Go through the entries below and say how many lines hold the word "flag". Nothing else is needed.

**RECORDS PROVIDED**
********************

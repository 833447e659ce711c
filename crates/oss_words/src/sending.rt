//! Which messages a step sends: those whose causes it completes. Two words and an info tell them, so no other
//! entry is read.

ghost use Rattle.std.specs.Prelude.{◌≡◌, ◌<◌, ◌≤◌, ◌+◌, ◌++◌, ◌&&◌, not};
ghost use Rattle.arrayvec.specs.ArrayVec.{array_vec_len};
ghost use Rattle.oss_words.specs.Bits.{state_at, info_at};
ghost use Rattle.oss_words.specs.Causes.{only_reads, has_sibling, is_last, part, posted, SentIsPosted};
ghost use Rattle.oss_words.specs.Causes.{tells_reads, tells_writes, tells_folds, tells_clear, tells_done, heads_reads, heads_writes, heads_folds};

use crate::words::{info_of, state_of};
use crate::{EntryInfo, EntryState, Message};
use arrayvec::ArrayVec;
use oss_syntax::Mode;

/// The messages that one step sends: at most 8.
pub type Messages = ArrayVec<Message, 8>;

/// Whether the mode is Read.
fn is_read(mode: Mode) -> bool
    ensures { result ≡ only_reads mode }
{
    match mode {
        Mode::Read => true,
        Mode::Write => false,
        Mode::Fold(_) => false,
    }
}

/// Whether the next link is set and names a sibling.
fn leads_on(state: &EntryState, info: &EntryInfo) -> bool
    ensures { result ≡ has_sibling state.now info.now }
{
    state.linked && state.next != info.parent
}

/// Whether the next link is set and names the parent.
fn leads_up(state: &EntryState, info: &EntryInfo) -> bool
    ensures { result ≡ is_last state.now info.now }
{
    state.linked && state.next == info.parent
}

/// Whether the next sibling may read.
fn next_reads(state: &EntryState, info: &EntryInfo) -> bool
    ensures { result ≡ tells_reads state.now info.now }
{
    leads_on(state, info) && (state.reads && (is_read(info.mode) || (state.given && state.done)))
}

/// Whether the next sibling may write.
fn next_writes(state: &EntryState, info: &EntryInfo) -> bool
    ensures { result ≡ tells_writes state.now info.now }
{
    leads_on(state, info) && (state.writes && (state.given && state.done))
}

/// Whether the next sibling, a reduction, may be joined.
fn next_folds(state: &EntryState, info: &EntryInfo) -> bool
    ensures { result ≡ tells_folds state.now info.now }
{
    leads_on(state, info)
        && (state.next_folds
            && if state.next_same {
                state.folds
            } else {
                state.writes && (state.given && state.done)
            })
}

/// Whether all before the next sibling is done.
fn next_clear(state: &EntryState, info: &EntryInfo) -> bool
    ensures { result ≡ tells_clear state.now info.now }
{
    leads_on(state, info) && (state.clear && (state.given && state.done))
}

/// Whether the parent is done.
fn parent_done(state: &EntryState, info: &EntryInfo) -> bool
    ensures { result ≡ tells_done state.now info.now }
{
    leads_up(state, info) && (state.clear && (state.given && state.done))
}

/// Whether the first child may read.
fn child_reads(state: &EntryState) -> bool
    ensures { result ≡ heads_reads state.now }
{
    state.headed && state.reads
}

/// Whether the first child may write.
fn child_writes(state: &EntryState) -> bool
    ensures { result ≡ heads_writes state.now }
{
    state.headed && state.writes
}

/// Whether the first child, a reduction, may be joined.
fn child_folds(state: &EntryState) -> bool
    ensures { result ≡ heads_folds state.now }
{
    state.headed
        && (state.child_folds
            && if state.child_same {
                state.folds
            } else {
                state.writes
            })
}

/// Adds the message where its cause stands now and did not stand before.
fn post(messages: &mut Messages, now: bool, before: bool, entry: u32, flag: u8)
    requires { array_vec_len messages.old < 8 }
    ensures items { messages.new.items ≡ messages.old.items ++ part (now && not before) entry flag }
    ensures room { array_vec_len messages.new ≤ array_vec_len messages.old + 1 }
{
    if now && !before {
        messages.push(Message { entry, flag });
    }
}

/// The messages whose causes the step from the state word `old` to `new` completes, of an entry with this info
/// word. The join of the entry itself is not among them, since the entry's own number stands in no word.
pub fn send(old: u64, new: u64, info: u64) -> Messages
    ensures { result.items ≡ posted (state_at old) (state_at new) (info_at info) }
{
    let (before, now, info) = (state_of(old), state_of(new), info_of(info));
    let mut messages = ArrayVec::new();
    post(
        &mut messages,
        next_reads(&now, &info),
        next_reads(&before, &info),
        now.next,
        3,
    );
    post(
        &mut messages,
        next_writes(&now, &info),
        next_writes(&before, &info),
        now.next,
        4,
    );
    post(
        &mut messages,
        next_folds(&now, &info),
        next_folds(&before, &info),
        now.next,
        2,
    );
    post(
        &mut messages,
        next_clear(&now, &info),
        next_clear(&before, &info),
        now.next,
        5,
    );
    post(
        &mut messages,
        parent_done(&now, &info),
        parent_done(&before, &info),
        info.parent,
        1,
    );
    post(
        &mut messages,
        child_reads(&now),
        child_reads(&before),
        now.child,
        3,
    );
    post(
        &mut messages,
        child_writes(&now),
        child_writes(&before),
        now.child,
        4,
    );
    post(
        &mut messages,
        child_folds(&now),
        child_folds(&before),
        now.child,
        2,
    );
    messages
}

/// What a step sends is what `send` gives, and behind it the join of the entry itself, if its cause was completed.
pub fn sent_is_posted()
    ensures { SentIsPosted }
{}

********************

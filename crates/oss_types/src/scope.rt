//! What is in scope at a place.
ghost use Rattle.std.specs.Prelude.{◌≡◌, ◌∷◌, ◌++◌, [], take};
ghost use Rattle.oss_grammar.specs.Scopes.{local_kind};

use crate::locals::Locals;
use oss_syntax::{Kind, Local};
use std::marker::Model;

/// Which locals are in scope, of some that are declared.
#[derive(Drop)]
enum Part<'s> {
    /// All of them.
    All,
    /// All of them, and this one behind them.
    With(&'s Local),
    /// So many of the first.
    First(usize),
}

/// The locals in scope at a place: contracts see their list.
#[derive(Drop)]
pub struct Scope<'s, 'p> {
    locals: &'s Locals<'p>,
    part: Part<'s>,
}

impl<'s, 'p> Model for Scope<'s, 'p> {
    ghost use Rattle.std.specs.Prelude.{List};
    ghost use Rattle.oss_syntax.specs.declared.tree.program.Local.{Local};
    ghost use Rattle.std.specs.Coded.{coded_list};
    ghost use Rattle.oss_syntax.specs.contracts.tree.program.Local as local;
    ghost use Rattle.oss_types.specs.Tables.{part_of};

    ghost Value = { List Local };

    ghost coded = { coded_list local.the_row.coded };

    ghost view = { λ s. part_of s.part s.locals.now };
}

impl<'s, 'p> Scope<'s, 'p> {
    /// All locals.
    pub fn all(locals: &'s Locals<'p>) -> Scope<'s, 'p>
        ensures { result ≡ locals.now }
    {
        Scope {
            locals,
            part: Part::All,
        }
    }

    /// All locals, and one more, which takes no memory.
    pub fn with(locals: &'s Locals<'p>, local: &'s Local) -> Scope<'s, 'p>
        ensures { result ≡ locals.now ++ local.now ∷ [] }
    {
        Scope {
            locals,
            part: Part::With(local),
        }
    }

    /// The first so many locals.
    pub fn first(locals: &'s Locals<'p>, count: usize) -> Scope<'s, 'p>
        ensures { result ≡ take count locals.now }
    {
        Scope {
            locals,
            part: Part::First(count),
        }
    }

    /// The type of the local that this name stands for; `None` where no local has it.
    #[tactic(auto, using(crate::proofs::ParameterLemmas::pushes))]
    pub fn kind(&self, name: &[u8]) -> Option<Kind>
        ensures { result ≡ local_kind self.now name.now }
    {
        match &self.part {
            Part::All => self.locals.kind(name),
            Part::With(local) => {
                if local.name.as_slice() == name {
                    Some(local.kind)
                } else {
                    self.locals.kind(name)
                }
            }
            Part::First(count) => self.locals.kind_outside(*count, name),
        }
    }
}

********************

**THE COMPLETED TASK**
3